Exercise prompt: Within the data that follows, set down exactly the lines from the one containing "found(alloc, axioms, index, max_cqs, max_conflicts).err()" through the one containing "let axioms = [apart(2, 3), apart(1, 0), apart(0, 1)];", both ends included.

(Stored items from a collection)
● ● ● ●

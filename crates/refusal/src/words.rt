// How a refusal is told where a program prints it.
ghost use Rattle.std.specs.Prelude.{Some};
ghost use Rattle.refusal.specs.Words.{refusal_words};

use super::Refusal;
use std::fmt;

impl fmt::Display for Refusal {
    ghost output = { λ refusal. Some (refusal_words refusal) };

    fn fmt<W: fmt::Write>(&self, f: &mut fmt::Formatter<W>) -> fmt::Result {
        let number = self.number();
        write!(f, "refused {number}")
    }
}
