//! Tests of conflicts, candidates and causes.
#![tactic(auto)]

#[cfg(test)]
mod causes;
#[cfg(test)]
mod conflicts;
#[cfg(test)]
mod examples;
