//! The examples of use in the docs of `close`, `find` and `causes`, line by line.

ghost use Rattle.std.specs.Prelude.{◌≡◌, length, IfOk};

use cause_finder::{Candidate, causes};
use conflict_finder::{FoundConflicts, find};
use cq_steps::Closure;
use cq_terms::{Axiom, Basic, Cq, Fact, QAtom, Term};
use fact_index::Index;
use perfect_ref::close;
use std::alloc::Global;
use std::test::Fail;

/// Queries for sailors.
fn sailors(alloc: Global) -> Result<Closure, Fail> {
    // Each captain is a sailor, so that a query for sailors finds captains too.
    let (captain, sailor) = (Basic::Concept(0), Basic::Concept(1));
    let axioms = [Axiom::Sub {
        left: captain,
        right: sailor,
    }];
    let x = Term::Var(0);
    let head = Vec::from_slice(alloc, &[x])?;
    let body = Vec::from_slice(alloc, &[QAtom::Concept { pred: 1, at: x }])?;
    let closure = close(alloc, &Cq::new(head, body), &axioms, 1_000)?;
    Ok(closure)
}

/// Individual 7 is told to be a vessel and a harbour.
fn index(alloc: Global) -> Result<Index, Fail> {
    let facts = [
        Fact::Concept { pred: 0, ind: 7 },
        Fact::Concept { pred: 1, ind: 7 },
    ];
    let index = Index::build(alloc, &facts)?;
    Ok(index)
}

/// The conflict of the two facts.
fn found(alloc: Global, index: &Index) -> Result<FoundConflicts, Fail>
    ensures facts { IfOk result (λ found. found.conflicts.facts ≡ length index.now) }
{
    // No vessel is a harbour.
    let (vessel, harbour) = (Basic::Concept(0), Basic::Concept(1));
    let axioms = [Axiom::Disjoint {
        left: vessel,
        right: harbour,
    }];
    let found = find(alloc, &axioms, index, 1_000, 1_000)?;
    Ok(found)
}

/// The vessels of the table.
fn vessels(alloc: Global, index: &Index, found: &FoundConflicts) -> Result<Vec<Candidate>, Fail>
    requires facts { found.now.conflicts.facts ≡ length index.now }
{
    let (vessel, harbour) = (Basic::Concept(0), Basic::Concept(1));
    let axioms = [Axiom::Disjoint {
        left: vessel,
        right: harbour,
    }];
    let x = Term::Var(0);
    let head = Vec::from_slice(alloc, &[x])?;
    let body = Vec::from_slice(alloc, &[QAtom::Concept { pred: 0, at: x }])?;
    let closure = close(alloc, &Cq::new(head, body), &axioms, 1_000)?;
    let candidates = causes(alloc, &axioms, &closure, index, &found.conflicts, 1_000)?;
    Ok(candidates)
}

#[test]
fn sailors_are_captains_too(rt: HostRuntime) -> Result<(), Fail> {
    assert_eq!(rt; sailors(rt.alloc())?.members().len(), 2);
    Ok(())
}

#[test]
fn the_vessel_is_a_harbour_too(rt: HostRuntime) -> Result<(), Fail> {
    let index = index(rt.alloc())?;
    let found = found(rt.alloc(), &index)?;
    let clashes = found.conflicts.clashes();
    assert_eq!(rt; clashes.len(), 1);
    assert!(rt; clashes[0].facts.as_slice() == [0, 1].as_slice());
    let candidates = vessels(rt.alloc(), &index, &found)?;
    assert_eq!(rt; candidates.len(), 1);
    assert!(rt; candidates[0].tuple.as_slice() == [7].as_slice());
    assert_eq!(rt; candidates[0].causes.len(), 1);
    assert!(rt; candidates[0].causes.as_slice()[0].as_slice() == [0].as_slice());
    Ok(())
}
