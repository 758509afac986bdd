//! Tables whose conflicts are known.

use conflict_finder::{FindRefusal, FoundConflicts, find};
use cq_steps::Closure;
use cq_terms::{Axiom, Basic, Clash, Fact, NoMemory, Role};
use fact_index::Index;
use std::alloc::Global;
use std::test::Fail;

/// No individual is in both concepts.
fn apart(left: u32, right: u32) -> Axiom {
    Axiom::Disjoint {
        left: Basic::Concept(left),
        right: Basic::Concept(right),
    }
}

/// What has some successor by the role.
fn some(inverse: bool) -> Basic {
    Basic::Has(Role { pred: 0, inverse })
}

/// A has some successor by P, which is in B and not in B.
fn impossible() -> [Axiom; 3] {
    [
        Axiom::Sub {
            left: Basic::Concept(0),
            right: some(false),
        },
        Axiom::Sub {
            left: some(true),
            right: Basic::Concept(1),
        },
        Axiom::Disjoint {
            left: some(true),
            right: Basic::Concept(1),
        },
    ]
}

/// A1 and A2 are each apart from B1 and B2.
fn square() -> [Axiom; 4] {
    [apart(0, 2), apart(0, 3), apart(1, 2), apart(1, 3)]
}

/// One individual in the first concept.
fn corner(alloc: Global) -> Result<Index, NoMemory> {
    let index = Index::build(alloc, &[Fact::Concept { pred: 0, ind: 0 }])?;
    Ok(index)
}

/// One individual in four concepts.
fn corners(alloc: Global) -> Result<Index, NoMemory> {
    let index = Index::build(
        alloc,
        &[
            Fact::Concept { pred: 0, ind: 0 },
            Fact::Concept { pred: 1, ind: 0 },
            Fact::Concept { pred: 2, ind: 0 },
            Fact::Concept { pred: 3, ind: 0 },
        ],
    )?;
    Ok(index)
}

/// A link from an individual to itself, and two between it and another.
fn links(alloc: Global) -> Result<Index, NoMemory> {
    let index = Index::build(
        alloc,
        &[
            Fact::Link {
                pred: 0,
                from: 0,
                to: 0,
            },
            Fact::Link {
                pred: 0,
                from: 0,
                to: 1,
            },
            Fact::Link {
                pred: 0,
                from: 1,
                to: 0,
            },
        ],
    )?;
    Ok(index)
}

/// Whether the clashes are those of these facts, axioms and members, in this order.
fn are(clashes: &[Clash], rows: &[(&[u32], u32, u32)]) -> bool {
    clashes.len() == rows.len()
        && clashes.iter().zip(rows).all(|(clash, row)| {
            clash.facts.as_slice() == row.0 && clash.axiom == row.1 && clash.member == row.2
        })
}

/// Whether the closures are of these axioms, with so many members each.
fn close(closures: &[(u32, Closure)], sizes: &[(u32, usize)]) -> bool {
    closures.len() == sizes.len()
        && closures.iter().zip(sizes).all(|(closure, size)| {
            closure.0 == size.0 && closure.1.members().len() == size.1
        })
}

/// Whether these are the conflicts and the closures, where the limit of conflicts is their number, and closures have at
/// most three members.
fn finds(
    alloc: Global,
    axioms: &[Axiom],
    index: &Index,
    rows: &[(&[u32], u32, u32)],
    sizes: &[(u32, usize)],
) -> Result<bool, FindRefusal> {
    if rows.len() > 12 {
        return Ok(false);
    }
    let found = found(alloc, axioms, index, 3, rows.len() as u32)?;
    Ok(are(found.conflicts.clashes(), rows) && close(&found.closures, sizes))
}

/// What is found for at most twelve axioms under small limits.
fn found(
    alloc: Global,
    axioms: &[Axiom],
    index: &Index,
    max_cqs: u32,
    max_conflicts: u32,
) -> Result<FoundConflicts, FindRefusal> {
    if axioms.len() > 12 || max_conflicts > 12 {
        return Err(FindRefusal::NoMemory);
    }
    let found = find(alloc, axioms, index, max_cqs, max_conflicts as u64)?;
    Ok(found)
}

/// Why nothing is found for the axioms under these limits.
fn refusal(
    alloc: Global,
    axioms: &[Axiom],
    index: &Index,
    max_cqs: u32,
    max_conflicts: u32,
) -> Option<FindRefusal> {
    found(alloc, axioms, index, max_cqs, max_conflicts).err()
}

#[test]
fn a_null_shows_a_fact(rt: HostRuntime) -> Result<(), Fail> {
    let index = corner(rt.alloc())?;
    let rows: [(&[u32], u32, u32); 1] = [(&[0], 2, 2)];
    assert!(rt; finds(rt.alloc(), &impossible(), &index, &rows, &[(2, 3)])?);
    Ok(())
}

#[test]
fn a_role_apart_from_its_inverse(rt: HostRuntime) -> Result<(), Fail> {
    let index = links(rt.alloc())?;
    let rule = Axiom::DisjointRole {
        left: Role {
            pred: 0,
            inverse: false,
        },
        right: Role {
            pred: 0,
            inverse: true,
        },
    };
    let rows: [(&[u32], u32, u32); 2] = [(&[0], 0, 0), (&[1, 2], 0, 0)];
    assert!(rt; finds(rt.alloc(), &[rule], &index, &rows, &[(0, 2)])?);
    Ok(())
}

#[test]
fn conflicts_up_to_the_limit(rt: HostRuntime) -> Result<(), Fail> {
    let index = corners(rt.alloc())?;
    let rows: [(&[u32], u32, u32); 4] = [
        (&[0, 2], 0, 0),
        (&[0, 3], 1, 0),
        (&[1, 2], 2, 0),
        (&[1, 3], 3, 0),
    ];
    let sizes = [(0, 1), (1, 1), (2, 1), (3, 1)];
    assert!(rt; finds(rt.alloc(), &square(), &index, &rows, &sizes)?);
    Ok(())
}

#[test]
fn the_lesser_axiom_is_named(rt: HostRuntime) -> Result<(), Fail> {
    let index = corners(rt.alloc())?;
    let axioms = [apart(2, 3), apart(1, 0), apart(0, 1)];
    let rows: [(&[u32], u32, u32); 2] = [(&[0, 1], 1, 0), (&[2, 3], 0, 0)];
    let sizes = [(0, 1), (1, 1), (2, 1)];
    assert!(rt; finds(rt.alloc(), &axioms, &index, &rows, &sizes)?);
    Ok(())
}

#[test]
fn a_self_inconsistent_fact_is_in_no_pair(rt: HostRuntime) -> Result<(), Fail> {
    let index = corners(rt.alloc())?;
    let axioms = [apart(0, 0), apart(0, 1), apart(1, 2)];
    let rows: [(&[u32], u32, u32); 2] = [(&[0], 0, 0), (&[1, 2], 2, 0)];
    let sizes = [(0, 1), (1, 1), (2, 1)];
    assert!(rt; finds(rt.alloc(), &axioms, &index, &rows, &sizes)?);
    Ok(())
}

#[test]
fn more_conflicts_than_the_limit(rt: HostRuntime) -> Result<(), Fail> {
    let index = corners(rt.alloc())?;
    let few = refusal(rt.alloc(), &square(), &index, 3, 3);
    assert_eq!(rt; few, Some(FindRefusal::Conflicts));
    Ok(())
}

#[test]
fn closures_come_before_conflicts(rt: HostRuntime) -> Result<(), Fail> {
    let index = corner(rt.alloc())?;
    let short = refusal(rt.alloc(), &impossible(), &index, 2, 0);
    assert_eq!(rt; short, Some(FindRefusal::Closure { axiom: 2 }));
    let none = refusal(rt.alloc(), &impossible(), &index, 3, 0);
    assert_eq!(rt; none, Some(FindRefusal::Conflicts));
    Ok(())
}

● ● ● ●

Response:
    found(alloc, axioms, index, max_cqs, max_conflicts).err()
}

#[test]
fn a_null_shows_a_fact(rt: HostRuntime) -> Result<(), Fail> {
    let index = corner(rt.alloc())?;
    let rows: [(&[u32], u32, u32); 1] = [(&[0], 2, 2)];
    assert!(rt; finds(rt.alloc(), &impossible(), &index, &rows, &[(2, 3)])?);
    Ok(())
}

#[test]
fn a_role_apart_from_its_inverse(rt: HostRuntime) -> Result<(), Fail> {
    let index = links(rt.alloc())?;
    let rule = Axiom::DisjointRole {
        left: Role {
            pred: 0,
            inverse: false,
        },
        right: Role {
            pred: 0,
            inverse: true,
        },
    };
    let rows: [(&[u32], u32, u32); 2] = [(&[0], 0, 0), (&[1, 2], 0, 0)];
    assert!(rt; finds(rt.alloc(), &[rule], &index, &rows, &[(0, 2)])?);
    Ok(())
}

#[test]
fn conflicts_up_to_the_limit(rt: HostRuntime) -> Result<(), Fail> {
    let index = corners(rt.alloc())?;
    let rows: [(&[u32], u32, u32); 4] = [
        (&[0, 2], 0, 0),
        (&[0, 3], 1, 0),
        (&[1, 2], 2, 0),
        (&[1, 3], 3, 0),
    ];
    let sizes = [(0, 1), (1, 1), (2, 1), (3, 1)];
    assert!(rt; finds(rt.alloc(), &square(), &index, &rows, &sizes)?);
    Ok(())
}

#[test]
fn the_lesser_axiom_is_named(rt: HostRuntime) -> Result<(), Fail> {
    let index = corners(rt.alloc())?;
    let axioms = [apart(2, 3), apart(1, 0), apart(0, 1)];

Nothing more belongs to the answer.